Here, we would like to address two common points of concern.
Title and Framing
First, we would like to clarify why we frame the title and abstract to focus on partial observation rather than dimensionality mismatch in general:
Partial observation is a near-universal property of data-constrained models in neuroscience, whereas restricted latent dimensionalities only apply to a subset of such models (many methods exist for fitting one-to-one mappings between student units and observed teacher units, such as FORCE, BPTT, and the MAP inference procedure we describe). Our latest experiments, the quoted reasoning of lines 127-132, and the second paragraph of the Discussion all suggest that dimensionality mismatches arising from restricted latent dimensions also contribute to the observed mechanistic mismatches. However, our analytical results only apply to the setting without the additional latent dimensionality restriction. Extending our theoretical analysis to latent variable models is an important objective of our future work. Consequently, to reflect our contributions accurately, we focus on partial observation in the title and abstract, using wording that does not rule out other possible sources of mismatch.

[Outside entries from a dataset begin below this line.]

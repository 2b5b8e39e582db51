//! `Merging`: when workers may merge pages, and whether merged pages are still to be published.

ghost use Rattle.std.specs.Prelude.{◌≡◌, ◌||◌, not, false};
ghost use Rattle.gopher_crew.specs.Merging.{is_at_last, may_merge, retry_after};

// After a merge runs out of memory, merging is tried again when this number of pages was found.
const PAGES_UNTIL_RETRY: usize = 64;

/// When workers may merge pages, and whether merged pages are still to be published.
#[derive(Drop)]
pub(crate) struct Merging {
    /// Whether pages were merged that aren't published as merged.
    pub is_merged: bool,
    // No pages are merged before this number of pages was found.
    retry_at: usize,
    // Whether a run was returned to be merged since the crawl finished.
    is_last_taken: bool,
}

impl Merging {
    /// Nothing was merged yet.
    pub fn new() -> Merging
        ensures merged { result.is_merged ≡ false }
        ensures retry { result.retry_at ≡ 0 }
        ensures last { result.is_last_taken ≡ false }
    {
        Merging {
            is_merged: false,
            retry_at: 0,
            is_last_taken: false,
        }
    }

    /// Returns whether pages may be merged, from how many places wait and are out, and how many
    /// pages were found. While places are out but none waits, merging would only delay the end of
    /// the crawl, because few pages are still to come. When the crawl is finished, one run is
    /// merged.
    pub fn may_merge(&mut self, waiting: u32, out: u32, found: usize) -> bool
        ensures may { result ≡ may_merge self.old waiting out found }
        ensures merged { self.new.is_merged ≡ self.old.is_merged }
        ensures retry { self.new.retry_at ≡ self.old.retry_at }
        ensures last { self.new.is_last_taken ≡ is_at_last self.old waiting out }
    {
        if waiting > 0 {
            return self.retry_at <= found;
        }
        if out > 0 {
            return false;
        }
        if self.is_last_taken {
            return false;
        }
        self.is_last_taken = true;
        self.retry_at <= found
    }

    /// Records the end of a merge, and how many pages were found by then. If memory ran out, the
    /// next waits until 64 more are found.
    pub fn end_merge(&mut self, was_merged: bool, found: usize)
        ensures merged { self.new.is_merged ≡ (was_merged || self.old.is_merged) }
        ensures retry { self.new.retry_at ≡ retry_after self.old was_merged found }
        ensures last { self.new.is_last_taken ≡ self.old.is_last_taken }
    {
        if was_merged {
            self.is_merged = true;
        } else {
            self.retry_at = found.saturating_add(PAGES_UNTIL_RETRY);
        }
    }

    /// Records whether the merged pages were published.
    pub fn end_renewal(&mut self, was_published: bool)
        ensures merged { self.new.is_merged ≡ not was_published }
        ensures retry { self.new.retry_at ≡ self.old.retry_at }
        ensures last { self.new.is_last_taken ≡ self.old.is_last_taken }
    {
        self.is_merged = !was_published;
    }
}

We reiterate that we do discuss restricted latent dimensions as an additional driver of bias towards attractor-like solutions in the Discussion (paragraph 2). We nonetheless agree that this point should be expanded on, and will discuss it further in the context of our latest experiments.
Solutions
Second, we agree with the reviewers that it is important to provide an avenue to resolve the issues we highlight in our work. As we mentioned in our manuscript and discuss in our reply to Reviewer njnf, one approach to validating putative attractor structure is to examine responses to perturbations of neural activity, for instance using optogenetics. However, we believe that it is important to focus the present manuscript on documenting the space of failure modes before we can formulate a useful proposal as to how they can be addressed. In our revised manuscript, we will expand our discussion of possible approaches using targeted optogenetic perturbations, and caveats thereof.
This paper theoretically and numerically studies the implications of only partial observations for inferring dynamical systems models from neuroscience data. Theoretical analysis with linear models reveals that with non-normal dynamics certain mechanistic scenarios cannot be discerned under partial observations, or are wrongly identified. Numerical analysis with nonlinear models reveals further issues with spurious attractor structure. All referees felt this is an important contribution in the field of neuroscience, where dynamical systems methods are widely used yet practitioners are often not (sufficiently) aware of such issues, and technically the paper appears to be solid.
Personally, I admittedly had more reservations with this work, but will go with the referees in my vote. Perhaps in their revision the authors may want to consider the following points:
-
Partial observations are a standard problem in any empirical setting that has been widely discussed in the nonlinear dynamics and physics literature (simple google search). Different solutions for it were advanced, from simple preprocessing by optimal delay embedding (which often already does a fair job) to reconstructing unobserved variables in the model’s latent space (a problem of course if one starts with too few latent states to begin with, as apparently much neuroscience work does). Personally, I found it a bit surprising that hardly any of this literature was discussed. Also, whether simple delay embedding could already alleviate the problem in this neuroscience setting would have been an interesting piece of information for practitioners (and simple to do).
-
Another thing the authors may want to check is whether optimal regularization parameters were chosen for the reconstruction methods. This was somewhat unclear, also why different settings were chosen for different methods, and whether other adjustments of the regularization may substantially improve the recovery of the observed dynamics.